Concepto de monumento

Monumento deriva etimológicamente del latín “monumentum”, y significa evocar o rememorar, mediante una obra material.

Es una estructura que recuerda a algún personaje, un acontecimiento histórico o un hecho relevante. En la antigüedad, solo designaba los sepulcros o sarcófagos. Las pirámides egipcias son monumentos colosales que eran tumbas faraónicas. En el Imperio Romano eran solo estatuas u obeliscos que se dedicaban a emperadores y sus cortes, y no a hechos históricos.

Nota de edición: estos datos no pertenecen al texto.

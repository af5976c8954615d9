ghost use Rattle.std.specs.Prelude.{◌≡◌, ◌↔◌, ◌==◌, [], IsTrue, Some};
ghost use Rattle.std.specs.List.{list_all, AllByRecursion as Each};
ghost use Rattle.std.specs.Option.{option_copied};
ghost use Rattle.st_base.specs.Range.{keys_rise};
ghost use Rattle.st_model.specs.Asked.{takes_snapshot, snapshot_taken, last_snapshot, snapshot_named, snapshot_asked};
ghost use Rattle.st_model.specs.Asked.{request_asked, names_files, SeesRightly, IsAskedRightly, AskRightly};
ghost use Rattle.st_model.specs.Calls.{files_seen, asked_of};
ghost use Rattle.plain_legal.specs.Runs.{is_seen_rightly};

use st_base::{Entry, Family, List};
use st_model::{Asked, Call, Calls, Command, FileSeen, IngestExternalFileArg, Reply, Snapshot};
use std::alloc::Global;

// ---- snapshots by name

// Whether the command takes a snapshot of that name.
fn takes_snapshot(name: &Family, command: &Command) -> bool
    ensures { result ≡ takes_snapshot name.now command.now }
{
    match command {
        Command::Snap(other) => other == name,
        _ => false,
    }
}

// The snapshot that was taken at the place; none where the reply is a refusal.
fn snapshot_taken(place: u64, reply: &Reply) -> Snapshot
    ensures { result ≡ snapshot_taken place reply.now }
{
    match reply {
        Reply::Snapshot(number) => Snapshot {
            id: place,
            number: *number,
        },
        _ => Snapshot { id: 0, number: 0 },
    }
}

// The snapshot of the last command of these calls that takes one of that name.
fn last_snapshot(name: &Family, calls: &[Call]) -> Snapshot
    ensures { result ≡ last_snapshot name.now calls.now }
{
    let mut last = Snapshot { id: 0, number: 0 };
    for call in calls {
        if takes_snapshot(name, &call.asked.command) {
            last = snapshot_taken(call.place, &call.reply);
        }
    }
    last
}

// The name of the snapshot that the command reads at or lets go.
fn snapshot_named(command: &Command) -> Option<&Family>
    ensures { option_copied result ≡ snapshot_named command.now }
{
    match command {
        Command::GetAt(name, _, _) => Some(name),
        Command::ScanAt(name, _, _, _, _) => Some(name),
        Command::Release(name) => Some(name),
        Command::Write(_) => None,
        Command::Get(_, _) => None,
        Command::View(_) => None,
        Command::Scan(_, _, _, _) => None,
        Command::Snap(_) => None,
        Command::MakeFamily(_) => None,
        Command::DropFamily(_) => None,
        Command::Flush(_) => None,
        Command::Compact(_) => None,
        Command::Ingest(_) => None,
        Command::Await { .. } => None,
    }
}

// The snapshot that the command asks for, after these calls of its client.
fn snapshot_asked(before: &[Call], command: &Command) -> Option<Snapshot>
    ensures { result ≡ snapshot_asked before.now command.now }
{
    match snapshot_named(command) {
        Some(name) => Some(last_snapshot(name, before)),
        None => None,
    }
}

fn is_snapshot(other: Option<Snapshot>, snapshot: Snapshot) -> bool
    ensures { IsTrue result ↔ (other ≡ Some snapshot) }
{
    match other {
        Some(other) => other.id == snapshot.id && other.number == snapshot.number,
        None => false,
    }
}

fn same_snapshot(one: Option<Snapshot>, other: Option<Snapshot>) -> bool
    ensures { IsTrue result ↔ (one ≡ other) }
{
    match other {
        Some(other) => is_snapshot(one, other),
        None => one.is_none(),
    }
}

// ---- files

// The request of the command; a command without one has no arguments.
fn request_asked(command: &Command) -> &[IngestExternalFileArg]
    ensures { names_files (Some result.now) ≡ names_files (request_asked command.now) }
{
    match command {
        Command::Ingest(arguments) => arguments.as_slice(),
        Command::Write(_) => &[],
        Command::Get(_, _) => &[],
        Command::GetAt(_, _, _) => &[],
        Command::View(_) => &[],
        Command::Scan(_, _, _, _) => &[],
        Command::ScanAt(_, _, _, _, _) => &[],
        Command::Snap(_) => &[],
        Command::Release(_) => &[],
        Command::MakeFamily(_) => &[],
        Command::DropFamily(_) => &[],
        Command::Flush(_) => &[],
        Command::Compact(_) => &[],
        Command::Await { .. } => &[],
    }
}

// Whether the arguments name so many files.
fn names_files(arguments: &[IngestExternalFileArg], count: usize) -> bool
    ensures { IsTrue result ↔ (count ≡ names_files (Some arguments.now)) }
{
    let mut left = count;
    for argument in arguments {
        if argument.files.len() > left {
            return false;
        }
        left -= argument.files.len();
    }
    left == 0
}

// Whether each entry's key is above the one before it.
fn keys_rise(entries: &[Entry]) -> bool
    ensures { result ≡ keys_rise entries.now }
{
    let Some((first, rest)) = entries.split_first() else {
        return true;
    };
    let mut last = first;
    for entry in rest {
        if !last.key.cmp(&entry.key).is_lt() {
            return false;
        }
        last = entry;
    }
    true
}

// Whether each entry has the number 0.
fn are_unnumbered(entries: &[Entry]) -> bool
    ensures { result ≡ list_all (λ entry. entry.number == 0) entries.now }
{
    entries.iter().all(|entry| entry.number == 0)
}

// Whether what is seen as a table is one of an external file.
fn is_seen_rightly(seen: &FileSeen) -> bool
    ensures { result ≡ is_seen_rightly seen.now }
{
    match seen {
        FileSeen::Table(entries) => {
            keys_rise(entries.as_slice()) && are_unnumbered(entries.as_slice())
        }
        FileSeen::Missing => true,
        FileSeen::Bad(_) => true,
    }
}

fn are_seen_rightly(seen: &[FileSeen]) -> bool
    ensures { result ≡ list_all is_seen_rightly seen.now }
{
    seen.iter().all(|one| is_seen_rightly(one))
}

// Whether each file that the command names is seen, and a table as one.
fn sees_rightly(command: &Command, seen: &[FileSeen]) -> bool
    ensures { IsTrue result ↔ SeesRightly (request_asked command.now) seen.now }
{
    if !names_files(request_asked(command), seen.len()) {
        return false;
    }
    are_seen_rightly(seen)
}

// The files that the command sees; one without a request sees none.
fn files_seen(alloc: Global, command: &Command, seen: List<FileSeen>) -> List<FileSeen>
    ensures { result ≡ files_seen (request_asked command.now) seen }
{
    match command {
        Command::Ingest(_) => seen,
        Command::Write(_) => List::new(alloc),
        Command::Get(_, _) => List::new(alloc),
        Command::GetAt(_, _, _) => List::new(alloc),
        Command::View(_) => List::new(alloc),
        Command::Scan(_, _, _, _) => List::new(alloc),
        Command::ScanAt(_, _, _, _, _) => List::new(alloc),
        Command::Snap(_) => List::new(alloc),
        Command::Release(_) => List::new(alloc),
        Command::MakeFamily(_) => List::new(alloc),
        Command::DropFamily(_) => List::new(alloc),
        Command::Flush(_) => List::new(alloc),
        Command::Compact(_) => List::new(alloc),
        Command::Await { .. } => List::new(alloc),
    }
}

// ---- along a transcript

/// What the command asks after these calls of its client, where its files are seen so.
pub fn asked_of(alloc: Global, before: &[Call], command: Command, seen: List<FileSeen>) -> Asked
    ensures { result ≡ asked_of before.now command seen }
{
    let snapshot = snapshot_asked(before, &command);
    let files = files_seen(alloc, &command, seen);
    Asked {
        command,
        files,
        snapshot,
    }
}

// Whether the command asks for its client's own snapshot, and sees each file that it names.
fn is_asked_rightly(before: &[Call], asked: &Asked) -> bool
    ensures { IsTrue result ↔ IsAskedRightly before.now asked.now }
{
    if !same_snapshot(asked.snapshot, snapshot_asked(before, &asked.command)) {
        return false;
    }
    sees_rightly(&asked.command, asked.files.as_slice())
}

// Whether that holds of each call.
fn asks_rightly(calls: &[Call]) -> bool
    ensures { IsTrue result ↔ AskRightly [] calls.now }
{
    for (index, call) in calls.iter().enumerate() {
        if !is_asked_rightly(&calls[..index], &call.asked) {
            return false;
        }
    }
    true
}

/// Whether each command asks for its client's own snapshot, and sees each file that it names.
pub fn ask_rightly(transcripts: &[Calls]) -> bool
    ensures { IsTrue result ↔ Each (AskRightly []) transcripts.now }
{
    for calls in transcripts {
        if !asks_rightly(calls.as_slice()) {
            return false;
        }
    }
    true
}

Con el renacimiento se comenzó a nombrar como monumentos los testimonios del pasado griego y romano, que era función de los renacentistas volver a colocar en un lugar primordial, bajo sus formas, dando al concepto de monumento una dimensión histórica. En el siglo XVIII ya no solo la historia es valorada como monumento sino también las manifestaciones artísticas.

Actualmente, los monumentos son obras públicas, declaradas monumentos históricos por ley, y por lo tanto protegidos por el Estado que hacen al patrimonio cultural de la Nación a la que representan, simbolizados por cualquier manifestación documental con importancia sociocultural.

No solo se alude acontecimientos históricos trascendentes sino que también hay monumentos naturales (por ejemplo el “Monumento Bosques Petrificados”, en los bosques patagónicos argentinos); técnicos (por ejemplo el viaducto ferroviario “Cinco Canales” que atraviesa el arroyo Struha) o de interés científico (como el monumento “Moisés Bertoni” en Paraguay en las orillas del Paraná en homenaje a ese científico, que son 199 hectáreas, con 10 salas de museo).

También se llama monumento al altar erigido en las iglesias el Jueves Santo, donde se coloca una arquita, semejando un sepulcro con una hostia consagrada.